Before he could ask who it was, the bathroom door opened slowly.
A woman stepped in.
She was tall, maybe ten years older than him, and unlike anyone he'd seen before. Her hair was an unnatural shade of blue, like ocean waves under moonlight, and her eyes looked heavy—sleepy, distant, like she was floating between dreams and reality.
She said nothing.
Just entered quietly and closed the door behind her.
That night, something happened. Something Rahul never expected.
In both his lives, that night became the one where he lost his virginity.
And yet… it didn't feel like a victory.
It didn't feel like something beautiful.
When he woke up, the room was quiet.
She was gone.
The side of the bed where she had laid held only the memory of her presence… and a small, unmistakable mark of blood on the sheets. His heart thudded as he stared at it.
He tried to remember her face.
The blue hair. The distant eyes. The silence.
Now that he thought about it—her gaze had seemed cloudy… almost drugged. Was she okay? Was she even there by her own will? Was this something planned by someone else?
He didn't know.
And worst of all, he didn't even know her name.
Rahul sat on the edge of the bed, staring down at his feet. The hotel room felt colder now, and not because of the air conditioning.
I hate one-night stands…
And yet I just had one.
He clenched his fists. He felt confused, angry, and mostly… hollow.
---
Knock knock.
Another knock. This time loud and firm.
A voice followed. "Get ready. We have to go to the office."
Rahul snapped out of his daze.
He stood, brushed his teeth, splashed cold water on his face, and dressed in the new black suit laid out for him. It was sleek, perfectly tailored, and had the Bloodblom crest—an intricate red flower with a dagger piercing through its center.
He left the room.
The same bulky man from last night stood waiting outside, hands folded behind his back.
No words were exchanged. The man simply nodded toward the car—a sleek black sedan—and opened the door.
Rahul slid inside.
The car pulled away silently, the city passing by in blurred streaks of color. Tall buildings, neon signs, and a thousand strangers walking with purpose. But one building… stood above them all.

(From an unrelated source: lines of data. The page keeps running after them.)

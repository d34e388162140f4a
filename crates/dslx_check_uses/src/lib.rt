//! Uses of other declarations, and calls of functions.
//!
//! Nothing here goes down a tree but for written types, beside the types of operands, to infer parametrics.
#![tactic(auto)]

mod calls;
mod ends;
mod forms;
mod inference;
mod items;
mod parametrics;
mod structs;

pub use calls::{call_of, refused_call};
pub use ends::channel_named;
pub use forms::{CallForm, form_of};
pub use inference::{Inference, Inferred, first_inferred, infer_all, is_one, may_have};
pub use items::{definition, name_of};
pub use parametrics::{CalledItem, ParametricArgs, parametric_args};
pub use structs::{field_of, struct_of};
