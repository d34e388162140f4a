//! Forms of calls.

ghost use Rattle.std.specs.Prelude.{◌≡◌};
ghost use Rattle.dslx_meaning.specs.Names.Called.{kind_of};
ghost use Rattle.dslx_check_uses.specs.Forms.{form_by};

use dslx_meaning::names::Callee;
use dslx_tree::Direction;

/// What is called: an effect in a direction, with so many arguments, a function of the text, or a builtin.
#[derive(Clone, Copy)]
pub enum CallForm {
    Effect(Direction, usize),
    Function,
    Builtin,
}

/// What a called name stands for.
pub fn form_of(callee: Callee) -> CallForm
    ensures { result ≡ form_by (kind_of callee) }
{
    match callee {
        Callee::Receive => CallForm::Effect(Direction::In, 2),
        Callee::ReceiveIf => CallForm::Effect(Direction::In, 4),
        Callee::Send => CallForm::Effect(Direction::Out, 3),
        Callee::SendIf => CallForm::Effect(Direction::Out, 4),
        Callee::Function => CallForm::Function,
        Callee::Join => CallForm::Builtin,
        Callee::Update => CallForm::Builtin,
        Callee::CountLeading => CallForm::Builtin,
        Callee::CountTrailing => CallForm::Builtin,
        Callee::Reverse => CallForm::Builtin,
        Callee::AllOnes => CallForm::Builtin,
        Callee::SomeOne => CallForm::Builtin,
        Callee::Parity => CallForm::Builtin,
    }
}
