//! Blocks, and values that are bound in them.

ghost use Rattle.std.specs.Prelude.{◌≡◌, Some, IfOk, OnOk};
ghost use Rattle.dslx_tree.specs.declared.block.Stmt.{out-Stmt};
ghost use Rattle.dslx_meaning.specs.Lists.{where_true};
ghost use Rattle.dslx_core.specs.Machines.Machine.Bodies.{gives, with_last, with_made};
ghost use Rattle.dslx_core.specs.Machines.Machine.Steps.{bind_made, last_begins, statements_begin, stmt_begins};
ghost use Rattle.dslx_instance.specs.Tasks.Shown.{body_shown};

use crate::tasks::{BlockTask, LowerTask, OpenBody};
use dslx_core::Shape;
use dslx_core::lowering::LoweredExpr;
use dslx_core_exprs::control::lower_bind;
use dslx_core_exprs::types::lower_unit;
use dslx_tree::{Expr, Stmt};
use std::alloc::{AllocError, Global};
use xb_value::Boxed;

/// The statements of a block are to be lowered, and then what stands behind them.
pub fn begin_statements<'a>(
    body: &mut OpenBody<'a>,
    alloc: Global,
    statements: &'a [Stmt],
    last: &'a Option<Boxed<Expr>>,
) -> Result<(), AllocError>
    ensures { OnOk result (Some (body_shown body.new) ≡ statements_begin statements.now last.now (body_shown body.old)) }
{
    match statements {
        [] => begin_last(body, alloc, last),
        [first, rest @ ..] => begin_statement(body, alloc, first, rest, last),
    }
}

fn begin_last<'a>(
    body: &mut OpenBody<'a>,
    alloc: Global,
    last: &'a Option<Boxed<Expr>>,
) -> Result<(), AllocError>
    ensures { OnOk result (Some (body_shown body.new) ≡ last_begins last.now (body_shown body.old)) }
{
    match last {
        Some(expr) => body.first(LowerTask::Expr(expr.get())),
        None => body.give(lower_unit(alloc)?),
    }
}

/// The value of a statement that is an expression alone isn't used, so that it isn't lowered.
fn begin_statement<'a>(
    body: &mut OpenBody<'a>,
    alloc: Global,
    statement: &'a Stmt,
    rest: &'a [Stmt],
    last: &'a Option<Boxed<Expr>>,
) -> Result<(), AllocError>
    ensures { OnOk result (Some (body_shown body.new) ≡ stmt_begins (out-Stmt statement.now) rest.now last.now (body_shown body.old)) }
{
    match statement {
        Stmt::Let(binding) => body.expr_then_block(
            alloc,
            &binding.value,
            BlockTask::BindValue(&binding.pattern, rest, last),
        ),
        Stmt::Bare(_) => body.first_block(alloc, BlockTask::Statements(rest, last)),
    }
}

/// A value is bound, and taken apart so, for what was made last; whether anything was.
pub fn make_bind<'a>(
    body: &mut OpenBody<'a>,
    alloc: Global,
    value: LoweredExpr,
    shape: Shape,
) -> Result<bool, AllocError>
    ensures { IfOk result (λ is. where_true is (Some (body_shown body.new)) ≡ with_last (body_shown body.old).made (λ r made. gives (bind_made value shape r) (with_made made (body_shown body.old)))) }
{
    match body.made.take_off() {
        Some(last) => {
            body.give(bound(alloc, value, shape, last)?)?;
            Ok(true)
        }
        None => Ok(false),
    }
}

fn bound(
    alloc: Global,
    value: LoweredExpr,
    shape: Shape,
    last: LoweredExpr,
) -> Result<LoweredExpr, AllocError>
    ensures { IfOk result (λ e. Some e ≡ bind_made value shape last) }
{
    lower_bind(alloc, value.core, shape, last)
}
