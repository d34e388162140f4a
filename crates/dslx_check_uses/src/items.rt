//! Items by their numbers, and names.

ghost use Rattle.std.specs.Prelude.{◌≡◌};
ghost use Rattle.std.specs.Option.{option_copied};
ghost use Rattle.dslx_check_facts.specs.Known.{text_of};
ghost use Rattle.dslx_check_facts.specs.Names.{definition_at};
ghost use Rattle.dslx_check_uses.specs.Inferring.{the_name};

use base::texts::Name;
use dslx_check_facts::Facts;
use dslx_tree::{Definition, Expr, Node};

/// The item of a number, if there is one.
pub fn definition<'a>(f: &Facts<'a>, item: u32) -> Option<&'a Definition>
    ensures { option_copied result ≡ definition_at (text_of f.now).items item }
{
    let items = f.kept.items.text.items.as_slice();
    match items.get(item as usize) {
        Some(item) => Some(&item.definition),
        None => None,
    }
}

/// The name that an expression is alone.
pub fn name_of(e: &Expr) -> Option<&Name>
    ensures { option_copied result ≡ the_name e.now }
{
    match &e.node {
        Node::Name(name) => Some(name),
        _ => None,
    }
}
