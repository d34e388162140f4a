//! Channels by their names.

ghost use Rattle.std.specs.Prelude.{◌≡◌, List, IfSome};
ghost use Rattle.std.specs.Option.{option_map};
ghost use Rattle.dslx_meaning.specs.Rules.CallRules.{channel_end_at};
ghost use Rattle.dslx_meaning.specs.Rules.TypeEnvs.{GlobalEnv};
ghost use Rattle.dslx_check_rules.specs.Interned.{HasRowIf, ItemNames};
ghost use Rattle.dslx_check_rules.specs.declared.table.row.TypeRow.{TypeRow};
ghost use Rattle.dslx_check_facts.specs.TypeEnvs.{HasBoundRows, end_of, env_of};
ghost use Rattle.dslx_check_rules.specs.Control.Effects.{IsEffectChannel};
ghost use Rattle.dslx_check_uses.specs.Ends.{channel_by_name};

use base::texts::Name;
use dslx_check_facts::{MemberEnd, TypeEnv};
use dslx_check_rules::control::effects::{self, ChannelTyping};
use xb_span::Span;

/// A channel by its name.
pub fn channel_named<'a>(s: &TypeEnv<'a>, span: Span, name: &Name) -> ChannelTyping
    ensures { (items : ItemNames) (rows later : List TypeRow) (known : GlobalEnv) → HasBoundRows items rows s.now
        → IsEffectChannel items rows later (env_of items later known s.now) result (channel_by_name span (env_of items later known s.now) name.now) }
{
    let has_site = s.used.has(name);
    match member_end(s, name) {
        Some(end) => ChannelTyping {
            typing: effects::named_channel(span, true),
            direction: Some(end.direction),
            word: end.word,
            has_site,
        },
        None => ChannelTyping {
            typing: effects::named_channel(span, false),
            direction: None,
            word: None,
            has_site,
        },
    }
}

/// The end that a name stands for: a member's, unless a bound name hides it. Its word's type has a row, as each that is bound.
fn member_end<'a>(s: &TypeEnv<'a>, name: &Name) -> Option<MemberEnd>
    ensures is { (items : ItemNames) (later : List TypeRow) (known : GlobalEnv) → channel_end_at (env_of items later known s.now) name.now ≡ option_map (λ e. end_of items later (name.now, e)) result }
    ensures row { (items : ItemNames) (rows : List TypeRow) → HasBoundRows items rows s.now → IfSome result (λ e. HasRowIf rows e.word) }
{
    match s.locals.get(name) {
        Some(_) => None,
        None => s.members.get(name).copied(),
    }
}
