//! Laws of the commands, each the contract of a function that calls the laws below it.

ghost use Rattle.std.specs.Prelude.{ℕ, List};
ghost use Rattle.xls_cmd.specs.Shared.Step.{IsOne};
ghost use Rattle.cmd_line.specs.declared.request.Run.{Run};
ghost use Rattle.xls_cmd.specs.Ir.Commands.{run_texts};

/// What the files hold determines what a run gives.
pub fn one_answer()
    ensures { (arguments : Run (List ℕ)) (design inputs : List ℕ) → IsOne (run_texts arguments design inputs) }
{
    ir_text::parser::one_package();
    crate::design::laws::one_answer();
}
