//! Laws of the definitions: each function's contract is one, and it does nothing.
ghost use Rattle.std.specs.Prelude.{◌≡◌, false, IsTrue, ℕ, ℤ, List, Some};
ghost use Rattle.sail_types.specs.Belongs.{Readings, assigned, belongs, reading, under};
ghost use Rattle.sail_types.specs.Numbers.{Assignment, number, true_in};
ghost use Rattle.sail_types.specs.Readings.{read_con};
ghost use Rattle.sail_types.specs.Sums.{read};
ghost use Rattle.sail_types.specs.declared.numbers.Con.{Con as Constraint};
ghost use Rattle.sail_types.specs.declared.numbers.Index.{Index as Argument};
ghost use Rattle.sail_types.specs.declared.numbers.Num.{Num as Number};
ghost use Rattle.sail_types.specs.declared.table.Types.{Types as Table};
ghost use Rattle.sail_types.specs.declared.types.Typ.TheVariants as typ;
ghost use Rattle.sail_types.specs.declared.values.Value.{Value as Held};
ghost use Rattle.type_arguments.specs.Applied.{inside_indices};
ghost use Rattle.type_arguments.specs.Moved.{moved_con, moved_num};
ghost use Rattle.type_arguments.specs.Ranges.{is_empty_range, is_negative};
ghost use Rattle.type_arguments.specs.laws.Outside.{outside};
ghost use Rattle.type_arguments.specs.laws.Steady.{IsSteady};

/// With arguments in the place of its variables a number is, and a constraint is true, under an assignment as they
/// were under that which gives each variable what its argument is.
pub fn arguments_keep_meaning()
    ensures number { (arguments : List Argument) (nu : Assignment) (n m : Number) → read arguments n ≡ Some m
        → number nu m ≡ number (assigned nu arguments) n }
    ensures truth { (arguments : List Argument) (nu : Assignment) (c d : Constraint) → read_con arguments c ≡ Some d
        → true_in nu d ≡ true_in (assigned nu arguments) c }
{}

/// One binder further in a number is, and a constraint is true, under an assignment as they were outside of the
/// binder.
pub fn moves_keep_meaning()
    ensures number { (depth : ℕ) (nu : Assignment) (n m : Number) → moved_num depth n ≡ Some m
        → number nu m ≡ number (outside depth nu) n }
    ensures truth { (depth : ℕ) (nu : Assignment) (c d : Constraint) → moved_con depth c ≡ Some d
        → true_in nu d ≡ true_in (outside depth nu) c }
{}

/// Inside an existential type, with arguments in the place of its variables a number is, and a constraint is true, as
/// they were where the type's own variable stands for the same integer and each other for what its argument is outside:
/// no argument is captured. This is under an assignment that gives one number to all powers that aren't fixed.
pub fn binders_capture_nothing()
    ensures number { (nu : Assignment) → IsSteady nu → (z : ℤ) (arguments inside : List Argument) (n m : Number)
        → inside_indices arguments ≡ Some inside → read inside n ≡ Some m
        → number (under z nu) m ≡ number (under z (assigned nu arguments)) n }
    ensures truth { (nu : Assignment) → IsSteady nu → (z : ℤ) (arguments inside : List Argument) (c d : Constraint)
        → inside_indices arguments ≡ Some inside → read_con inside c ≡ Some d
        → true_in (under z nu) d ≡ true_in (under z (assigned nu arguments)) c }
{}

/// Nothing belongs to bits with a negative constant width, or to a range with constant ends the second below the
/// first, under any assignment.
pub fn void_types_are_empty()
    ensures bits { (types : Table) (value : Held) (nu : Assignment) (rs : Readings) (width : Number) → IsTrue (is_negative width)
        → belongs types value (reading (typ.Bits width) nu rs) ≡ false }
    ensures range { (types : Table) (value : Held) (nu : Assignment) (rs : Readings) (low high : Number)
        → IsTrue (is_empty_range low high) → belongs types value (reading (typ.Range low high) nu rs) ≡ false }
{}
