//! `sizeof` and `constraint`.
ghost use Rattle.std.specs.Prelude.{◌≡◌, IfOk, OnOk};
ghost use Rattle.shape_rules.specs.Around.{setting_of};
ghost use Rattle.shape_rules.specs.Findings.{first_failure};
ghost use Rattle.shape_rules.specs.Written.{number_in, constraint_in};
ghost use Rattle.shape_rules.specs.Statements as statements;
ghost use Rattle.shape_calls.specs.Made.{made_of};

use sail_base::{Place, Text};
use sail_core::Kind;
use sail_syntax::TyExp;
use sail_types::Shape;
use shape_calls::{Made, leaf, settled, unknown};
use shape_rules::{Around, First};
use std::alloc::{AllocError, Global};
use written_types::{constraint_in, note_written, number_in, numbers_in};

/// The same text, where there is one. The one error is want of memory.
pub fn copy_text(text: &Option<Text>) -> Result<Option<Text>, AllocError>
    ensures { IfOk result (λ copy. copy ≡ text.now) }
{
    match text {
        Some(text) => Ok(Some(text.clone()?)),
        None => Ok(None),
    }
}

/// `sizeof(t)`. The one error is want of memory.
pub fn size(
    alloc: Global,
    place: Place,
    typ: &TyExp,
    around: &Around<'_>,
    want: &Shape,
    first: &mut First,
) -> Result<Made, AllocError>
    ensures made { IfOk result (λ made. made ≡ made_of (statements.size_found place typ.now (setting_of around.now) want.now
        (number_in (setting_of around.now).within typ.now))) }
    ensures failures { OnOk result (first.new.error ≡ first_failure first.old.error (statements.size_found place typ.now (setting_of around.now)
        want.now (number_in (setting_of around.now).within typ.now)).faults) }
{
    match number_in(alloc, typ, &around.scope)? {
        None => Ok(unknown(alloc, place)),
        Some(number) => {
            note_written(alloc, typ, &around.scope, first)?;
            let kind = Kind::SizeOf(number, numbers_in(alloc, typ, &around.scope)?);
            let core = leaf(alloc, place, kind);
            settled(alloc, place, want, Shape::Int, core, first)
        }
    }
}

/// `constraint(C)`. The one error is want of memory.
pub fn truth(
    alloc: Global,
    place: Place,
    typ: &TyExp,
    around: &Around<'_>,
    want: &Shape,
    first: &mut First,
) -> Result<Made, AllocError>
    ensures made { IfOk result (λ made. made ≡ made_of (statements.truth_found place typ.now (setting_of around.now) want.now
        (constraint_in (setting_of around.now).within typ.now))) }
    ensures failures { OnOk result (first.new.error ≡ first_failure first.old.error (statements.truth_found place typ.now (setting_of around.now)
        want.now (constraint_in (setting_of around.now).within typ.now)).faults) }
{
    match constraint_in(alloc, typ, &around.scope)? {
        None => Ok(unknown(alloc, place)),
        Some(constraint) => {
            note_written(alloc, typ, &around.scope, first)?;
            let kind = Kind::Constraint(constraint, numbers_in(alloc, typ, &around.scope)?);
            let core = leaf(alloc, place, kind);
            settled(alloc, place, want, Shape::Bool, core, first)
        }
    }
}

Like a steel mountain, it pierced the clouds.
Towering, intimidating, and strangely elegant.
Its glass exterior shimmered as if absorbing light itself.
As they got closer, Rahul stared up at the Bloodblom Tower.
The man spoke for the first time since the hotel. "This is your new workplace. From now on, you will live, train, and operate out of this tower."
Rahul didn't reply. His thoughts were still drifting—between the river, the woman, his father, the strange core that now beat silently inside his body.
The car turned into a private entrance beneath the tower.
As they drove into the underground garage, Rahul realized one thing—
I can't go back.
From here on, everything would change.
And even if the path ahead was dark…
He was already too deep in the shadows to turn around.